A series connection (also called a series circuit) means placing electrical components one after another so they form a single loop (mesh). By the loop rule, the sum of the partial voltages equals the applied voltage.
Resistors in series
If $n$ ohmic resistors are connected in series to a source with voltage $U$, the partial voltages add to
$$
U = I R_1 + I R_2 + \dots + I R_n .
$$
Dividing by the constant current $I$ gives the total resistance:
$$
\frac{U}{I} = R_\mathrm{tot} = R_1 + R_2 + \dots + R_n
$$
and in general
$$
\boxed{R_\mathrm{tot} = \sum_{i=1}^n R_i}\,.
$$
Intuitively, putting resistors in series increases the effective conductor length, so the resistances simply add.
Capacitors in series
For capacitors in series, the effective plate separation increases, so the total capacitance decreases.
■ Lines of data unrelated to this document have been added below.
//! A node has its handles in layout one, and its callers see layout two: how the handles of ops and replies turn, and the law that a
//! history of layout two comes of it.
#![tactic(auto)]

mod laws;
mod ops;

pub use laws::law_layouts;
pub use ops::{Inwards, answered_kind, turn_outward};
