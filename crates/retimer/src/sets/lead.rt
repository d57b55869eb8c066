// The configurations from which a transition or a wait leads into a set.
ghost use Rattle.std.specs.Prelude.{◌≡◌, ◌+◌, ◌≤◌, ◌<◌, length};
ghost use Rattle.enforcement.specs.Limits.{max_count};
ghost use Rattle.enforcement.specs.Automaton.{locations, transition_at};
ghost use Rattle.enforcement.specs.Loading.{Fits};
ghost use Rattle.enforcement.specs.Model.{top};
ghost use Rattle.retimer.specs.Leading.{all_rows, leads, Leading, RowAdded, TransitionAdded, WaitsAdded};

use crate::limits::Monitor;
use crate::sets::{bounds, row};
use crate::{clocks, lookup};

// The first readings with which resets lead into the target's rows, at a second reading.
fn leading(rows: &[u64], target: usize, resets: u8, y: usize) -> u64
    requires { (length rows.now ≡ all_rows) × ((target < max_count) × (y ≤ top)) }
    ensures { Leading rows.now target resets y result }
{
    let i = target * Monitor::WIDTH + clocks::row_after(resets / 2 % 2, y);
    let row = rows[i];
    if resets % 2 == 1 {
        return row::spread(row);
    }
    row
}

// Whether the transition at a place leads from saturated readings into the rows.
pub fn leads_saturated(s: &[u8], rows: &[u64], p: usize) -> bool
    requires { (length rows.now ≡ all_rows) × ((p + 7 ≤ length s.now) × ((Fits s.now (transition_at s.now p)) × (locations s.now ≤ max_count))) }
    ensures { result ≡ leads rows.now (transition_at s.now p) top top }
{
    if !lookup::enabled(s, p, Monitor::TOP, Monitor::TOP) {
        return false;
    }
    let row = leading(rows, usize::from(s[p + 1]), s[p + 2], Monitor::TOP as usize);
    (row >> Monitor::TOP) % 2 == 1
}

// Adds readings to a row; answers whether it is another than before.
fn add_row(rows: &mut [u64], i: usize, more: u64) -> bool
    requires { i < length rows.old }
    ensures { RowAdded rows.old rows.new i more result }
{
    let row = rows[i];
    let next = row | more;
    rows[i] = next;
    next != row
}

// Adds to a location's rows the configurations from which the transition at a place leads into the rows; answers whether the rows are others than before.
// Rows of second readings below `from` stay as they are. The highest comes first, so that row 0, to which a reset of the second clock leads, is still as it was.
pub fn add_transition(s: &[u8], rows: &mut [u64], l: usize, p: usize, from: usize) -> bool
    requires { (length rows.old ≡ all_rows) × ((l < max_count) × ((p + 7 ≤ length s.now) × ((Fits s.now (transition_at s.now p)) × (locations s.now ≤ max_count)))) }
    ensures { TransitionAdded rows.old rows.new l from (transition_at s.now p) result }
{
    let allowed = bounds::columns(s, p);
    let target = usize::from(s[p + 1]);
    let resets = s[p + 2];
    let least = from.max(usize::from(s[p + 5]));
    let mut changed = false;
    for y in (least..clocks::past(s[p + 6])).rev() {
        let more = allowed & leading(rows, target, resets, y);
        if add_row(rows, l * Monitor::WIDTH + y, more) {
            changed = true;
        }
    }
    changed
}

// Adds to a location's rows the configurations from which some wait leads into them. Rows of second readings below `from` stay as they are.
// Before the last row stands all up to its highest reading: a tick before that, with the row itself, is just that again.
pub fn close(rows: &mut [u64], l: usize, from: usize)
    requires { (length rows.old ≡ all_rows) × (l < max_count) }
    ensures { WaitsAdded rows.old rows.new l from }
{
    let base = l * Monitor::WIDTH;
    let mut row = row::up_to_highest(rows[base + Monitor::TOP as usize]);
    for y in (from..Monitor::WIDTH).rev() {
        row = rows[base + y] | row::before(row);
        rows[base + y] = row;
    }
}
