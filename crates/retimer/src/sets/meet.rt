// Whether a set of configurations as rows has one that the counts have.
ghost use Rattle.std.specs.Prelude.{◌≡◌, true, ◌↔◌, ℕ, ◌+◌, ◌≤◌, ◌<◌};
ghost use Rattle.enforcement.specs.Limits.{max_count};
ghost use Rattle.enforcement.specs.Model.{top};
ghost use Rattle.retimer.specs.Meeting.{RowAsked, MeetsRow, RowsAsked, MeetsAt, Covered, MeetAsked, Meets};

use crate::limits::Monitor;
use crate::locations;
use crate::sets::{bounds, diagonals, row};

// Whether the counts have one of a row's readings, beside the second reading y.
fn meets_row(counts: &[u8], l: u8, y: u8, row: u64) -> bool
    requires { RowAsked counts.now l y row }
    ensures { (result ≡ true) ↔ MeetsRow counts.now l y row }
{
    // A walk over set bits counts no index: no plainer as a `for`.
    let mut left = row;
    while 0 < left {
        let x = u64::trailing_zeros(left) as u8;
        if diagonals::has(counts, l, x, y) {
            return true;
        }
        left = left & (left - 1);
    }
    false
}

// The same beside the saturated second reading. All of these lie on one diagonal, so the lowest is enough.
fn meets_saturated(counts: &[u8], l: u8, row: u64) -> bool
    requires { RowAsked counts.now l top row }
    ensures { (result ≡ true) ↔ MeetsRow counts.now l top row }
{
    if row == 0 {
        return false;
    }
    diagonals::has(counts, l, u64::trailing_zeros(row) as u8, Monitor::TOP)
}

// Whether the counts have a member of a location. Those a tick after another member need no look: if the counts have them, they have the other.
fn meets_at(counts: &[u8], l: u8, set: &[u64], h: usize) -> bool
    requires { (RowsAsked counts.now set.now (l + 1) h) × (l < max_count) }
    ensures { (result ≡ true) ↔ MeetsAt counts.now l set.now h }
{
    let a = usize::from(l) * h;
    let first = Monitor::WIDTH - h;
    let last = h - 1;
    let mut before = 0u64;
    for i in 0..last {
        let row = set[a + i];
        if meets_row(counts, l, (first + i) as u8, row::fresh(row, before)) {
            return true;
        }
        before = row;
    }
    meets_saturated(counts, l, set[a + last])
}

// Whether the counts have a member at one of the places.
fn meets_in(counts: &[u8], set: &[u64], places: u16, locations: u8, h: usize) -> bool
    requires { (RowsAsked counts.now set.now locations h) × ((locations ≤ max_count) × (Covered set.now places locations h)) }
    ensures { (result ≡ true) ↔ ((l : ℕ) × MeetsAt counts.now l set.now h) }
{
    for l in 0..locations {
        if locations::has(places, usize::from(l)) {
            if meets_at(counts, l, set, h) {
                return true;
            }
        }
    }
    false
}

// Whether the counts have a member of a set.
pub fn meets(s: &[u8], counts: &[u8], set: &[u64], places: u16) -> bool
    requires { MeetAsked s.now counts.now set.now places }
    ensures { (result ≡ true) ↔ Meets s.now counts.now set.now }
{
    meets_in(counts, set, places, s[0], bounds::height(s))
}
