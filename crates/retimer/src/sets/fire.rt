// A transition taken from the rows of its location into those of its target.
ghost use Rattle.std.specs.Prelude.{◌≡◌, length};
ghost use Rattle.enforcement.specs.Automaton.{transition_at};
ghost use Rattle.retimer.specs.Sets.{Fires, Fired};

use crate::clocks;
use crate::sets::{bounds, rows};

// Takes a transition where locations have one row: there is one clock, and at most the first is reset.
fn fire_row(s: &[u8], p: usize, src: &[u64], out: &mut [u64]) -> bool
    requires { (Fires s.now p src.now out.old) × (length src.now ≡ 1) }
    ensures { Fired (transition_at s.now p) src.now out.old out.new result }
{
    let cols = bounds::columns(s, p);
    let any = src[0] & cols;
    if s[p + 2] == 0 {
        out[0] = out[0] | any;
        return any != 0;
    }
    out[0] = out[0] | rows::flag(any);
    any != 0
}

// Adds to the target's rows what the transition at p leads to; answers whether it leads anywhere.
pub fn fire(s: &[u8], p: usize, src: &[u64], out: &mut [u64]) -> bool
    requires { Fires s.now p src.now out.old }
    ensures { Fired (transition_at s.now p) src.now out.old out.new result }
{
    if src.len() == 1 {
        return fire_row(s, p, src, out);
    }
    let cols = bounds::columns(s, p);
    let a = usize::from(s[p + 5]);
    let b = clocks::past(s[p + 6]);
    let set = s[p + 2];
    if set == 0 {
        return rows::add(src, cols, a, b, out) != 0;
    }
    if set == 1 {
        return rows::mark(src, cols, a, b, out) != 0;
    }
    let any = rows::union(src, cols, a, b);
    if set == 2 {
        rows::start(any, out);
        return any != 0;
    }
    rows::start(rows::flag(any), out);
    any != 0
}
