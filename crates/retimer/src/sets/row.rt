// A row: a set of readings of the first clock, a bit for each.
ghost use Rattle.std.specs.Prelude.{◌≤◌, ◌<◌, ◌^◌};
ghost use Rattle.enforcement.specs.Model.{width};
ghost use Rattle.retimer.specs.Row.{Interval, TickAfter, Upward, Fresh, TickBefore, UpTo, Spread, Gaps, Highest};

use crate::limits::Monitor;

// The row of the saturated reading alone, and the first number that has a bit above it.
const SATURATED: u64 = 1u64 << Monitor::TOP;

const SPAN: u64 = 2u64 << Monitor::TOP;

// The readings from a up to, but not including, b.
pub fn interval(a: usize, b: usize) -> u64
    requires { (a ≤ b) × (b ≤ width) }
    ensures { Interval a b result }
{
    (1u64 << b) - (1u64 << a)
}

// The readings a tick later.
pub fn tick(row: u64) -> u64
    requires { row < 2 ^ width }
    ensures { TickAfter row result }
{
    (row % SATURATED * 2) | (row & SATURATED)
}

// All readings from the lowest of a row on.
pub fn upward(row: u64) -> u64
    requires { row < 2 ^ width }
    ensures { Upward row result }
{
    if row == 0 {
        return 0;
    }
    interval(u64::trailing_zeros(row) as usize, Monitor::WIDTH)
}

// The readings of a row that are not one more than one of the row before.
pub fn fresh(row: u64, before: u64) -> u64
    requires { (row < 2 ^ width) × (before < 2 ^ width) }
    ensures { Fresh row before result }
{
    row & (row ^ (before * 2))
}

// The readings from which a tick leads into a row.
pub fn before(row: u64) -> u64
    ensures { TickBefore row result }
{
    (row >> 1) % SATURATED | row & SATURATED
}

// Every reading, or none, as the row has reading 0.
pub fn spread(row: u64) -> u64
    ensures { Spread row result }
{
    if row % 2 == 1 { u64::MAX } else { 0 }
}

// The readings that a row has not, each 0 or one more than one of the row before. Bits above the saturated reading mean nothing here and below.
pub fn gaps(row: u64, before: u64) -> u64
    ensures { Gaps row before result }
{
    let next = before % SATURATED * 2 + 1;
    next & (next ^ row)
}

// One more than the highest reading of a row, or 0 if it has none.
pub fn highest(row: u64) -> u8
    ensures { Highest row result }
{
    (64 - u64::leading_zeros(row % SPAN)) as u8
}

// The readings up to the highest of a row.
pub fn up_to_highest(row: u64) -> u64
    ensures { UpTo row result }
{
    interval(0, usize::from(highest(row)))
}
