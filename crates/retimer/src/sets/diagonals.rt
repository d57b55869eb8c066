// Sets of configurations as counts, one for each diagonal: a position is in the set where it and the count together stay below `Monitor::WIDTH`.
ghost use Rattle.std.specs.Prelude.{◌≡◌, ◌≤◌, ◌<◌, ◌^◌, length};
ghost use Rattle.enforcement.specs.Limits.{max_count};
ghost use Rattle.enforcement.specs.Model.{top, width};
ghost use Rattle.retimer.specs.Counts.{counts_size, diagonal, position, counted, Counted, Stored, LocationAsked, RowsCounted, LocationCounted, CountAsked};

use crate::limits::Monitor;
use crate::sets::{row, whole};

// The diagonal that two readings lie on.
fn diagonal(x: u8, y: u8) -> usize
    requires { (x ≤ top) × (y ≤ top) }
    ensures { result ≡ diagonal x y }
{
    if y == Monitor::TOP {
        return 0;
    }
    usize::from(x + (Monitor::TOP - y))
}

// Their position on it.
fn position(x: u8, y: u8) -> u8
    requires { (x ≤ top) × (y ≤ top) }
    ensures { result ≡ position x y }
{
    if y == Monitor::TOP {
        return x;
    }
    x.min(y)
}

// Whether the counts have a configuration.
pub fn has(counts: &[u8], l: u8, x: u8, y: u8) -> bool
    requires { ((length counts.now ≡ counts_size) × (l < max_count)) × ((x ≤ top) × (y ≤ top)) }
    ensures { result ≡ counted counts.now l x y }
{
    let i = usize::from(l) * Monitor::DIAGONALS + diagonal(x, y);
    usize::from(position(x, y)) + usize::from(counts[i]) < Monitor::WIDTH
}

// Ends the diagonals of some readings beside the second reading y before them.
fn count_row(counts: &mut [u8], l: usize, y: usize, gaps: u64)
    requires { ((length counts.old ≡ counts_size) × (l < max_count)) × ((y < top) × (gaps < 2 ^ width)) }
    ensures { Stored counts.old counts.new l y gaps }
{
    let base = l * Monitor::DIAGONALS;
    let second = y as u8;
    // A walk over set bits counts no index: no plainer as a `for`.
    let mut left = gaps;
    while 0 < left {
        let x = u64::trailing_zeros(left) as u8;
        let i = base + diagonal(x, second);
        counts[i] = Monitor::WIDTH as u8 - position(x, second);
        left = left & (left - 1);
    }
}

// Counts what is missing from a location's rows below the saturated one, the lowest first: a diagonal ends before the first that is missing, and counts 0 if none is.
fn count_rows(rows: &[u64], counts: &mut [u8], l: usize, from: usize)
    requires { LocationAsked rows.now counts.old l from }
    ensures { RowsCounted rows.now counts.old counts.new l from }
{
    let base = l * Monitor::WIDTH;
    let mut before = u64::MAX;
    for y in from..Monitor::TOP as usize {
        let row = rows[base + y];
        count_row(counts, l, y, row::gaps(row, before));
        before = row;
    }
}

// Counts what is missing from a location, unless it is whole.
fn count_location(rows: &[u64], counts: &mut [u8], l: usize, from: usize)
    requires { LocationAsked rows.now counts.old l from }
    ensures { LocationCounted rows.now counts.old counts.new l from }
{
    if whole::has_saturated(rows, l) {
        return;
    }
    count_rows(rows, counts, l, from);
    let highest = row::highest(rows[l * Monitor::WIDTH + Monitor::TOP as usize]);
    counts[l * Monitor::DIAGONALS] = Monitor::WIDTH as u8 - highest;
}

// Counts what is missing from the first locations. Second readings below `from` are left out.
pub fn count(rows: &[u64], counts: &mut [u8], locations: usize, from: usize)
    requires { CountAsked rows.now counts.old locations from }
    ensures { Counted rows.now counts.new locations from }
{
    for l in 0..locations {
        count_location(rows, counts, l, from);
    }
}
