// How many rows a location has, and the readings that a transition allows.
ghost use Rattle.std.specs.Prelude.{◌≡◌, ◌+◌, ◌≤◌, ◌<◌, length};
ghost use Rattle.enforcement.specs.Automaton.{transition_at};
ghost use Rattle.enforcement.specs.Loading.{Fits};
ghost use Rattle.retimer.specs.Sets.{height, Columns};

use crate::clocks;
use crate::limits::Monitor;
use crate::sets::row;

// How many rows a location has.
pub fn height(s: &[u8]) -> usize
    requires { 1 < length s.now }
    ensures { result ≡ height s.now }
{
    if s[1] == 1 {
        return 1;
    }
    Monitor::WIDTH
}

// The readings of the first clock that the transition at p allows.
pub fn columns(s: &[u8], p: usize) -> u64
    requires { (p + 7 ≤ length s.now) × (Fits s.now (transition_at s.now p)) }
    ensures { Columns (transition_at s.now p) result }
{
    row::interval(usize::from(s[p + 3]), clocks::past(s[p + 4]))
}
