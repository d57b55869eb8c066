// Locations that a set has with every configuration.
ghost use Rattle.std.specs.Prelude.{◌≡◌, ◌≤◌, ◌<◌, length};
ghost use Rattle.enforcement.specs.Limits.{max_count};
ghost use Rattle.enforcement.specs.Model.{top};
ghost use Rattle.retimer.specs.Leading.{all_rows, member, LocationFilled, Filled};

use crate::limits::Monitor;
use crate::locations;

// Whether a location's configuration with both readings saturated is in the rows. Every wait ends there, so that where the rows have, with a configuration,
// the one a tick before it, they have every one of the location then.
pub fn has_saturated(rows: &[u64], l: usize) -> bool
    requires { (length rows.now ≡ all_rows) × (l < max_count) }
    ensures { result ≡ member rows.now l top top }
{
    let row = rows[l * Monitor::WIDTH + Monitor::TOP as usize];
    (row >> Monitor::TOP) % 2 == 1
}

// Gives a location every configuration. Rows of second readings below `from` stay as they are.
pub fn fill(rows: &mut [u64], l: usize, from: usize)
    requires { (length rows.old ≡ all_rows) × ((l < max_count) × (from ≤ top)) }
    ensures { LocationFilled rows.old rows.new l from }
{
    let base = l * Monitor::WIDTH;
    rows[base + from..base + Monitor::WIDTH].fill(u64::MAX);
}

// Gives some locations every configuration.
pub fn fill_each(rows: &mut [u64], places: u16)
    requires { length rows.old ≡ all_rows }
    ensures { Filled rows.old rows.new places }
{
    for l in 0..Monitor::COUNT {
        if locations::has(places, l) {
            fill(rows, l, 0);
        }
    }
}
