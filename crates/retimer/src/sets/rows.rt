// The rows of a location: waiting, and the parts of a transition.
ghost use Rattle.std.specs.Prelude.{ℕ, ◌≤◌, ◌<◌, ◌^◌, length};
ghost use Rattle.enforcement.specs.Model.{width};
ghost use Rattle.retimer.specs.Row.{In, Flag};
ghost use Rattle.retimer.specs.Sets.{Narrow, Waited, United, Adds, Joined, Kept, Reset, Gains};

use crate::sets::row;

// Adds what waiting makes of the rows. In the last row the second reading is saturated, and only the first still grows.
pub fn wait(rows: &mut [u64])
    requires { (1 ≤ length rows.old) × (Narrow rows.old) }
    ensures { Waited rows.old rows.new }
{
    let last = rows.len() - 1;
    // The row before stays at hand: reading it back is slower.
    let mut row = rows[0];
    // From 0 on, which the compiler unrolls with one jump for two rows.
    for i in 0..last {
        row = rows[i + 1] | row::tick(row);
        rows[i + 1] = row;
    }
    rows[last] = row::upward(row);
}

// The readings in the rows from a up to b that are in cols.
pub fn union(src: &[u64], cols: u64, a: usize, b: usize) -> u64
    requires { (a ≤ b) × ((b ≤ length src.now) × (cols < 2 ^ width)) }
    ensures { United src.now cols a b result }
{
    let mut any = 0u64;
    for i in a..b {
        any = any | src[i];
    }
    any & cols
}

// Adds to the rows from a up to b what is made of their readings in cols, and answers these.
fn join<F: Fn(u64) -> u64>(
    src: &[u64],
    cols: u64,
    a: usize,
    b: usize,
    out: &mut [u64],
    made: F,
) -> u64
    requires { (Adds src.now cols a b out.old) × (F.IsAlwaysCallable made) }
    ensures { (Gains src.now out.old out.new cols a b (F.post made)) × (United src.now cols a b result) }
{
    let mut any = 0u64;
    for i in a..b {
        any = any | src[i];
        out[i] = out[i] | made(src[i] & cols);
    }
    any & cols
}

// Adds the readings in the rows from a up to b that are in cols, and answers them: no clock is reset.
pub fn add(src: &[u64], cols: u64, a: usize, b: usize, out: &mut [u64]) -> u64
    requires { Adds src.now cols a b out.old }
    ensures { (Joined out.old out.new (Kept src.now cols) a b) × (United src.now cols a b result) }
{
    join(src, cols, a, b, out, |e| e)
}

// The reading 0, if there is any in e.
pub fn flag(e: u64) -> u64
    ensures { Flag e result }
{
    u64::from(e != 0)
}

// Adds the reading 0 to each of the rows from a up to b that has readings in cols, and answers these: the first clock is reset.
pub fn mark(src: &[u64], cols: u64, a: usize, b: usize, out: &mut [u64]) -> u64
    requires { Adds src.now cols a b out.old }
    ensures { (Joined out.old out.new (Reset src.now cols) a b) × (United src.now cols a b result) }
{
    join(src, cols, a, b, out, flag)
}

// Adds readings to the first row: the second clock is reset.
pub fn start(row: u64, out: &mut [u64])
    requires { (1 ≤ length out.old) × ((row < 2 ^ width) × (Narrow out.old)) }
    ensures { Joined out.old out.new (λ (x i : ℕ). In x row) 0 1 }
{
    out[0] = out[0] | row;
}
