// An action played, after any wait, from a set of configurations.
ghost use Rattle.std.specs.Prelude.{◌≡◌, ◌+◌, ◌*◌, ◌≤◌, ◌<◌, length};
ghost use Rattle.enforcement.specs.Automaton.{transition_at, locations};
ghost use Rattle.enforcement.specs.Loading.{WellFormed, Fits};
ghost use Rattle.retimer.specs.Readings.{Standing, located};
ghost use Rattle.retimer.specs.Sets.{height, Whole, Cleared, Plays, FiredInto, PlayedAt, PlayedFrom, Reached, Played, Elapsed, Empty, Single};

use crate::limits::Monitor;
use crate::sets::{bounds, fire, rows};
use crate::{bytes, locations};

// Takes the transition at p from the rows of its location into a set; answers the target's place if it leads anywhere.
fn fire_into(s: &[u8], p: usize, src: &[u64], next: &mut [u64]) -> u16
    requires { (Plays s.now src.now next.old) × ((p + 7 ≤ length s.now) × (Fits s.now (transition_at s.now p))) }
    ensures { FiredInto s.now (transition_at s.now p) src.now next.old next.new result }
{
    let t = usize::from(s[p + 1]);
    let a = t * src.len();
    let e = a + src.len();
    if fire::fire(s, p, src, &mut next[a..e]) {
        return 1u16 << t;
    }
    0
}

// Plays an action from the rows of location l; answers the targets.
fn play_at(s: &[u8], c: u8, l: usize, src: &[u64], next: &mut [u64]) -> u16
    requires { (Plays s.now src.now next.old) × (l < locations s.now) }
    ensures { PlayedAt s.now c l src.now next.old next.new result }
{
    let pair = 6 + 4 * l;
    let first = bytes::word_at(s, pair);
    let size = bytes::word_at(s, pair + 2);
    let mut found = 0u16;
    // No `step_by`: most transitions are passed over, and that would make each cost more than half as much again.
    for k in 0..size / 7 {
        let p = first + 7 * k;
        if s[p] == c {
            found = found | fire_into(s, p, src, next);
        }
    }
    found
}

// Waits at location l, and plays an action from there.
fn play_from(s: &[u8], c: u8, l: usize, set: &mut [u64], next: &mut [u64]) -> u16
    requires { ((WellFormed s.now) × (l < locations s.now)) × ((Whole s.now set.old) × (Whole s.now next.old)) }
    ensures { PlayedFrom s.now c l set.old set.new next.old next.new result }
{
    let h = bounds::height(s);
    let a = l * h;
    let e = a + h;
    rows::wait(&mut set[a..e]);
    play_at(s, c, l, &set[a..e], next)
}

// Empties a set.
fn clear(set: &mut [u64])
    ensures { Cleared set.old set.new (length set.old) }
{
    set.fill(0);
}

// Waits, and plays an action: `next` becomes what it makes of the set, and the answer is where. The set becomes what any wait makes of it.
pub fn play(s: &[u8], c: u8, set: &mut [u64], places: u16, next: &mut [u64]) -> u16
    requires { (WellFormed s.now) × ((Reached s.now set.old places) × (Whole s.now next.old)) }
    ensures { (Played s.now c set.old next.new result) × (Elapsed s.now set.old set.new places) }
{
    clear(next);
    let mut found = 0u16;
    for l in 0..usize::from(s[0]) {
        if locations::has(places, l) {
            found = found | play_from(s, c, l, set, next);
        }
    }
    found
}

// How many numbers a set of the automaton's configurations has.
pub fn size(s: &[u8]) -> usize
    requires { WellFormed s.now }
    ensures { result ≡ locations s.now * height s.now }
{
    usize::from(s[0]) * bounds::height(s)
}

// Puts a configuration into an empty set; answers its place.
pub fn begin(s: &[u8], l: u8, r: [u8; 2], set: &mut [u64]) -> u16
    requires { (WellFormed s.now) × ((Standing s.now l r) × (Empty s.now set.old)) }
    ensures { Single s.now (located l r) set.new result }
{
    let h = bounds::height(s);
    let i = usize::from(l) * h + (usize::from(r[1]) + h - Monitor::WIDTH);
    set[i] = 1u64 << r[0];
    1u16 << l
}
Because the series current is the same everywhere, the total charge $Q$ on each capacitor is the same, and the voltages satisfy
$$
U = \frac{Q}{C_1} + \frac{Q}{C_2} + \dots + \frac{Q}{C_n} \,,
$$
which leads to
$$
\frac{1}{C_\mathrm{tot}} = \frac{1}{C_1} + \frac{1}{C_2} + \dots + \frac{1}{C_n}
$$
or, in compact form,
$$
\boxed{\frac{1}{C_\mathrm{tot}} = \sum_{i=1}^n \frac{1}{C_i}}\;.
$$
The total capacitance is therefore smaller than the smallest individual capacitance. Note: after summing the reciprocals, take the reciprocal again to get $C_\mathrm{tot}$.
Inductors in series
Using the loop rule for inductors in series,
$$
U = L_1 \frac{\mathrm{d}I}{\mathrm{d}t} + L_2 \frac{\mathrm{d}I}{\mathrm{d}t} + \dots + L_n \frac{\mathrm{d}I}{\mathrm{d}t}\,.
$$
Since $\mathrm{d}I/\mathrm{d}t$ is the same everywhere in the loop, the total inductance is
$$
\boxed{L_\mathrm{tot} = \sum_{i=1}^n L_i}\;.
$$
Example
In three separate series circuits, find:
1) Total resistance of $100\,\Omega$ and $20\,\Omega$: $120\,\Omega$
2) Total capacitance of $50\,\mu\mathrm{F}$, $10\,\mu\mathrm{F}$, and $250\,\mathrm{nF}$: $243\,\mathrm{nF}$
3) Total inductance of $30\,\mathrm{mH}$, $120\,\mathrm{mH}$, and $240\,\mathrm{mH}$: $390\,\mathrm{mH}$